INFORMATION PROVIDED:
-------------------------

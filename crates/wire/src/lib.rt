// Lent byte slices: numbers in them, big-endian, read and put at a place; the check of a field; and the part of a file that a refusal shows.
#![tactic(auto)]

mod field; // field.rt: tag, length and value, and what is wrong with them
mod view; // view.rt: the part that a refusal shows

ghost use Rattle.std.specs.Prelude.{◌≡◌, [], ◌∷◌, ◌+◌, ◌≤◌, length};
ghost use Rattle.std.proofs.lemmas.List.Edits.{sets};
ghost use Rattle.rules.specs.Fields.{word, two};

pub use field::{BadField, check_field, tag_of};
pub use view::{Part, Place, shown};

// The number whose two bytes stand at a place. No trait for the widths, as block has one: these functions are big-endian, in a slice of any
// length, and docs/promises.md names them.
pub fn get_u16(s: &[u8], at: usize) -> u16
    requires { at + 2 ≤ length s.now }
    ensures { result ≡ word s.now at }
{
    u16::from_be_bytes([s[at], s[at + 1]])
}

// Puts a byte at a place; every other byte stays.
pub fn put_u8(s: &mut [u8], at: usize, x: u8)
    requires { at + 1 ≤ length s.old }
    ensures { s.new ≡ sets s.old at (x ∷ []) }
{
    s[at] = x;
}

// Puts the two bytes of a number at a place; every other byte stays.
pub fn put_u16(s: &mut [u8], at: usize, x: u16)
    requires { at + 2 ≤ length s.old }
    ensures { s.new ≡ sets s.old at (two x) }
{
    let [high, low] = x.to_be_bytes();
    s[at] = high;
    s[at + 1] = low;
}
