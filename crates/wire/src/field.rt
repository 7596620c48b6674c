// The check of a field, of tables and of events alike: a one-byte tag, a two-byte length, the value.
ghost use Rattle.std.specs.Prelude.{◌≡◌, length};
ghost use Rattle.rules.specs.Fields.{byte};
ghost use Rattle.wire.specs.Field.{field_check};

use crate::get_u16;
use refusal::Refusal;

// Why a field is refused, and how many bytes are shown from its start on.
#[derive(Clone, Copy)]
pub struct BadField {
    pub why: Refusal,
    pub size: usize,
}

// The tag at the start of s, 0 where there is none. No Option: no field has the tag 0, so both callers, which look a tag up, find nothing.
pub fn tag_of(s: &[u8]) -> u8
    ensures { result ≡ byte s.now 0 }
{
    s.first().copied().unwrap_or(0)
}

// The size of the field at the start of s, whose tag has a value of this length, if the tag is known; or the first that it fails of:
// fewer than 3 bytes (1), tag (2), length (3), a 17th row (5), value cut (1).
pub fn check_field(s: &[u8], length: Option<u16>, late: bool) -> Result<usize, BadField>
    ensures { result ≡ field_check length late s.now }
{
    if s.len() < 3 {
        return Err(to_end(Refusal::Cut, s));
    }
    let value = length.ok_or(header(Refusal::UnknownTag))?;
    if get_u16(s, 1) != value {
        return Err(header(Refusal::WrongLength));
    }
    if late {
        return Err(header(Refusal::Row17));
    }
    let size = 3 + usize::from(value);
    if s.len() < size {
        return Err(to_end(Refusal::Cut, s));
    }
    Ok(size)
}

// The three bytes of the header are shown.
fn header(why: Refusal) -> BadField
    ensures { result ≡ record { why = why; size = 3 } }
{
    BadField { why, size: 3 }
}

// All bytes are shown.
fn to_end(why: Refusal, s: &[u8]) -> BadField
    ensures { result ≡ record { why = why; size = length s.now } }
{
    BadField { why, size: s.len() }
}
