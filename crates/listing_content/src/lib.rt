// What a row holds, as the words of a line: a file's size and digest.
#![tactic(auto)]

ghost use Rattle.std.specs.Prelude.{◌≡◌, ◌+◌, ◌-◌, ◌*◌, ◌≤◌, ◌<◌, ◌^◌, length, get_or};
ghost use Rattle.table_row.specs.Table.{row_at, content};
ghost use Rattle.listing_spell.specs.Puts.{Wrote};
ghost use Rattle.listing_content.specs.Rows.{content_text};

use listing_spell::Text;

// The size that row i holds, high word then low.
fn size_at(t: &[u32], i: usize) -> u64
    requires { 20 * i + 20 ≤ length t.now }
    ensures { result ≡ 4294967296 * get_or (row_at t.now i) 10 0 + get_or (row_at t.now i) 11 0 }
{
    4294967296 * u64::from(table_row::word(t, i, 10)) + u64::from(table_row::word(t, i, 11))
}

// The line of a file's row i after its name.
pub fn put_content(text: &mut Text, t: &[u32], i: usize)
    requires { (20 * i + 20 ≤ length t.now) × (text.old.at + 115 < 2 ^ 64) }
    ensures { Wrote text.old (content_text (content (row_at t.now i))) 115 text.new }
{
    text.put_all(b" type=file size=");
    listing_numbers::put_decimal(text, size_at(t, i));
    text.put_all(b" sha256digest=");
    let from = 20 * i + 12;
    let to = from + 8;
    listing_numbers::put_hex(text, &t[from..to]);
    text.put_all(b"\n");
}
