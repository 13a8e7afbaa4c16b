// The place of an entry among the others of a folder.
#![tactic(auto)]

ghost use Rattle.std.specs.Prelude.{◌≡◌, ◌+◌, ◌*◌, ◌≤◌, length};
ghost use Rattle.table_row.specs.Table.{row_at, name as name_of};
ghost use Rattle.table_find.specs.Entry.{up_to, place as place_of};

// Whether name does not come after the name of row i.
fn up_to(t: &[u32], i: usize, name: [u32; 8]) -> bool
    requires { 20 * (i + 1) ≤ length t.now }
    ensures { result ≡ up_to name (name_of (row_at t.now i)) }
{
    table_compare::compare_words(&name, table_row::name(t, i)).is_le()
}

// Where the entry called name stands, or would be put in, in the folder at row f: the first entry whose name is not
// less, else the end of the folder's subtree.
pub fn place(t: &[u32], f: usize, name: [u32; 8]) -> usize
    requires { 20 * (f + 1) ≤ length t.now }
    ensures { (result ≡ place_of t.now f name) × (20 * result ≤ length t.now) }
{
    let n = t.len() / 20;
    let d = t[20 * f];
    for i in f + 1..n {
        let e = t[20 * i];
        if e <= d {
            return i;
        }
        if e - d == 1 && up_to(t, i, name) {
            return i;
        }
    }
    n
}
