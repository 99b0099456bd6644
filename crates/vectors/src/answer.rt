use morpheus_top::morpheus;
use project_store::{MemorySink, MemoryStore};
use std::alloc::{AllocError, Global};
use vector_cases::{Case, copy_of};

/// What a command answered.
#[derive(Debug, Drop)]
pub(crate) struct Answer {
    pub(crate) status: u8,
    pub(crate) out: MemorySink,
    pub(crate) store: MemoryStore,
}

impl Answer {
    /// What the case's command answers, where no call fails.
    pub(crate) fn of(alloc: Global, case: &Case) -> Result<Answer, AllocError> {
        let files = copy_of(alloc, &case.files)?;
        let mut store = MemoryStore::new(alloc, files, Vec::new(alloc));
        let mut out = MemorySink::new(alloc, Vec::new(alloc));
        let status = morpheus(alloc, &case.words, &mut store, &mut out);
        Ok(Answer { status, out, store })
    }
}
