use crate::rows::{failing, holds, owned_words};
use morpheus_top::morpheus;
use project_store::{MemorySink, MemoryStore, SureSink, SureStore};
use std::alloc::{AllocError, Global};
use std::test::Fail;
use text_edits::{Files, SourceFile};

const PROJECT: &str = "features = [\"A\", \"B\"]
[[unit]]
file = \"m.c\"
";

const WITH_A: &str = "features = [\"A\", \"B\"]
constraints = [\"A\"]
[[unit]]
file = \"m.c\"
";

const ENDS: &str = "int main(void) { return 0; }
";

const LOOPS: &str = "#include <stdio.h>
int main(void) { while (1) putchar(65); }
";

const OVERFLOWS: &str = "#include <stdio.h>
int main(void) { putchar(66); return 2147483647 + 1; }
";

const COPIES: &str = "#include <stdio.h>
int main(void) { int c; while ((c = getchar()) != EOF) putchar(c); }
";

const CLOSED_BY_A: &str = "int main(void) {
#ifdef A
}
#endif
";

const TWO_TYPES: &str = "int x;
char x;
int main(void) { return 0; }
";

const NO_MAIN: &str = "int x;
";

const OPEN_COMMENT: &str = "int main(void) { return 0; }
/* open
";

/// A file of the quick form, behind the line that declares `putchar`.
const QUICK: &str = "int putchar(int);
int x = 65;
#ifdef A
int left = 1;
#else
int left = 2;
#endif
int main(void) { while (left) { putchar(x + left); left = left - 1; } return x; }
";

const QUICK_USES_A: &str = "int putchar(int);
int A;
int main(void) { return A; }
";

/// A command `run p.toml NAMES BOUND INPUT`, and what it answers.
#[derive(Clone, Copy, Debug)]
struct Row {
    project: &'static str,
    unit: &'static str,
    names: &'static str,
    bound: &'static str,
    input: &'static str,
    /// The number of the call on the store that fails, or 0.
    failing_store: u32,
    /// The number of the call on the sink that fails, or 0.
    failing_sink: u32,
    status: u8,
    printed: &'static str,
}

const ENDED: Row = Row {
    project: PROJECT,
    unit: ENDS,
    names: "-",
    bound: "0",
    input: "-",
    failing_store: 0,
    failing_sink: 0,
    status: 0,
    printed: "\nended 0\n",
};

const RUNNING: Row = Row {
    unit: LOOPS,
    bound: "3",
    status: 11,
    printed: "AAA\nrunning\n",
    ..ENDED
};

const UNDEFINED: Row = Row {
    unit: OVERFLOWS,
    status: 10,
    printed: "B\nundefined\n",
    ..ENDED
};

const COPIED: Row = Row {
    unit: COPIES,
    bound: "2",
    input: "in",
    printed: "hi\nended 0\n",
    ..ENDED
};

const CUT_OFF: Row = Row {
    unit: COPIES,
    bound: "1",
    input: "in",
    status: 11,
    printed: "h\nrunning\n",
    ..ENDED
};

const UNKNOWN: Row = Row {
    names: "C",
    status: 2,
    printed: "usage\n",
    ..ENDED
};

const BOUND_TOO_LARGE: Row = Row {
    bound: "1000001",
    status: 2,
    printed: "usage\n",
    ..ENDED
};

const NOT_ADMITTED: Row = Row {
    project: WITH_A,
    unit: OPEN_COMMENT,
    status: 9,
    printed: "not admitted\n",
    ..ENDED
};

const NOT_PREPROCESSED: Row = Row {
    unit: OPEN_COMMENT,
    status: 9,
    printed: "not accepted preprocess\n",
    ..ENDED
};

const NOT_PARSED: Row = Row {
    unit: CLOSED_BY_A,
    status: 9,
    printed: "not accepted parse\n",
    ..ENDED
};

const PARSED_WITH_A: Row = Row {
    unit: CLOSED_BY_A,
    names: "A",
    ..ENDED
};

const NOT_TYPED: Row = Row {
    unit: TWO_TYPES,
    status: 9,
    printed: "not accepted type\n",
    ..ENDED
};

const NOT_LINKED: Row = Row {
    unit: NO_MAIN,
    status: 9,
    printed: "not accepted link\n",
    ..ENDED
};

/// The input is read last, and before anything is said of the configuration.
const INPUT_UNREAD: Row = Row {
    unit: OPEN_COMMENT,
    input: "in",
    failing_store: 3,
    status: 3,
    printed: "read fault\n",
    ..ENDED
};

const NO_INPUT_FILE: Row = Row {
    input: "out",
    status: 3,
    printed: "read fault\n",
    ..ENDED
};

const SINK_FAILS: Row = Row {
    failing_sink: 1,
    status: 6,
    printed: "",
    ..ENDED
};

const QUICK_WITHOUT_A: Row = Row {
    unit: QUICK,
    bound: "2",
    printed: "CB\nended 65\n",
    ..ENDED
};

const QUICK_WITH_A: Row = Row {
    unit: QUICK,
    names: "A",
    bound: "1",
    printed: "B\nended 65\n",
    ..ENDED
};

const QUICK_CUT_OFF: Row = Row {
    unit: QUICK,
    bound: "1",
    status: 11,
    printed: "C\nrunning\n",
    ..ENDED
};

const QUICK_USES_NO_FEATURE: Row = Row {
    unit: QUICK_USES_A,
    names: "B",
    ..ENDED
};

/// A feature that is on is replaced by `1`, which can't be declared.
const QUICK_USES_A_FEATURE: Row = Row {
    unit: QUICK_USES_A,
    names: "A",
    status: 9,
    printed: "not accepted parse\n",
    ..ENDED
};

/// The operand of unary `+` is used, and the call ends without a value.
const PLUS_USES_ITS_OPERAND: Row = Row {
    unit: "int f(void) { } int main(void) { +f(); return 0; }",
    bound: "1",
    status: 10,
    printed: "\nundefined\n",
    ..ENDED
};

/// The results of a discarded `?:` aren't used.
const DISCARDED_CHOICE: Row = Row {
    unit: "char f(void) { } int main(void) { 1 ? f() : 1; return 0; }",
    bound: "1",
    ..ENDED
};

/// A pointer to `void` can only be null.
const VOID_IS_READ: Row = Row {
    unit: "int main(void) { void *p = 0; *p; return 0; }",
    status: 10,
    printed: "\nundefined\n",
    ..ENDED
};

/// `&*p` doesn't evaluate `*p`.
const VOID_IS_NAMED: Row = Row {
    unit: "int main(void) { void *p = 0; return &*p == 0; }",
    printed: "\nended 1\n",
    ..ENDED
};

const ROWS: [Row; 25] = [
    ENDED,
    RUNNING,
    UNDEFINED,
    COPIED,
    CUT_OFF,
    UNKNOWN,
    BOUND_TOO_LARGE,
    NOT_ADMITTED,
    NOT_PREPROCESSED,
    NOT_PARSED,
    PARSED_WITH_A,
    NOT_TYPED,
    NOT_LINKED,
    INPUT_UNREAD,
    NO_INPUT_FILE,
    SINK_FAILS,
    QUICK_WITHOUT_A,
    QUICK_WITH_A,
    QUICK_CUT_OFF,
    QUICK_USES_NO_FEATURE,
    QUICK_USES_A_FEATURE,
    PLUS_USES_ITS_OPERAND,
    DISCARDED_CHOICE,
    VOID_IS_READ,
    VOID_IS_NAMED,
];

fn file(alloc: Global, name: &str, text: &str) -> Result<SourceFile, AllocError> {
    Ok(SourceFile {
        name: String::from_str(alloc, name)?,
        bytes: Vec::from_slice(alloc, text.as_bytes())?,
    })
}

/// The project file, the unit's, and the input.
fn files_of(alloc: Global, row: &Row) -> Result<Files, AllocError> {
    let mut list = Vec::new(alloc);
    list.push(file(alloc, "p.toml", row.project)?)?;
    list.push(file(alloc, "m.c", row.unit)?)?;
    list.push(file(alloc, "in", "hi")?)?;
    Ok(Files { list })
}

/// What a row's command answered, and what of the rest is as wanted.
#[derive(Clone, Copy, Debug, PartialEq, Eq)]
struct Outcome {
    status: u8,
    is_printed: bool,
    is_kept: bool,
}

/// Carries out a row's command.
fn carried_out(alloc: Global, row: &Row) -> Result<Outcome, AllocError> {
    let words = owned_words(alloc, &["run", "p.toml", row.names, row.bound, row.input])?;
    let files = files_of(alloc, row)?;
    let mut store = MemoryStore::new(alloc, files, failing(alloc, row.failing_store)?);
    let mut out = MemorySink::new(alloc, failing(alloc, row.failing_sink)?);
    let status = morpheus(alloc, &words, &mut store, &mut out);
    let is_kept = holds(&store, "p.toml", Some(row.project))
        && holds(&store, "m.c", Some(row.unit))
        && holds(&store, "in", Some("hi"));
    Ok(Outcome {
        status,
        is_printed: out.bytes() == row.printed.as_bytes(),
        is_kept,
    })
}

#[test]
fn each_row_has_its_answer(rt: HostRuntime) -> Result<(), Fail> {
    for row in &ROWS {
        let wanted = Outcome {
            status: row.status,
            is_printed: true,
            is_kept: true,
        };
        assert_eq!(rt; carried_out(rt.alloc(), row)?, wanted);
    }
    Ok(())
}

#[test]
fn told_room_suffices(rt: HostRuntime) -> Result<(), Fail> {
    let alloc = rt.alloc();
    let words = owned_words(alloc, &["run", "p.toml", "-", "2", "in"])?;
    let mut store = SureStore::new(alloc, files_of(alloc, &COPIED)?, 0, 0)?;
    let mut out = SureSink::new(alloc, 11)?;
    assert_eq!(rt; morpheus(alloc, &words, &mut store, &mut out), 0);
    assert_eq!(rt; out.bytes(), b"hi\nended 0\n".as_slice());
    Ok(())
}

-------------------------

TASK TO CARRY OUT: In the listing above, find the line containing "4294967296 * u64::from(table_row::word(t, i, 10))" and the line containing "let to = from + 8;", then repeat those two lines and everything between them exactly.

WRITTEN SOLUTION:
    4294967296 * u64::from(table_row::word(t, i, 10)) + u64::from(table_row::word(t, i, 11))
}

// The line of a file's row i after its name.
pub fn put_content(text: &mut Text, t: &[u32], i: usize)
    requires { (20 * i + 20 ≤ length t.now) × (text.old.at + 115 < 2 ^ 64) }
    ensures { Wrote text.old (content_text (content (row_at t.now i))) 115 text.new }
{
    text.put_all(b" type=file size=");
    listing_numbers::put_decimal(text, size_at(t, i));
    text.put_all(b" sha256digest=");
    let from = 20 * i + 12;
    let to = from + 8;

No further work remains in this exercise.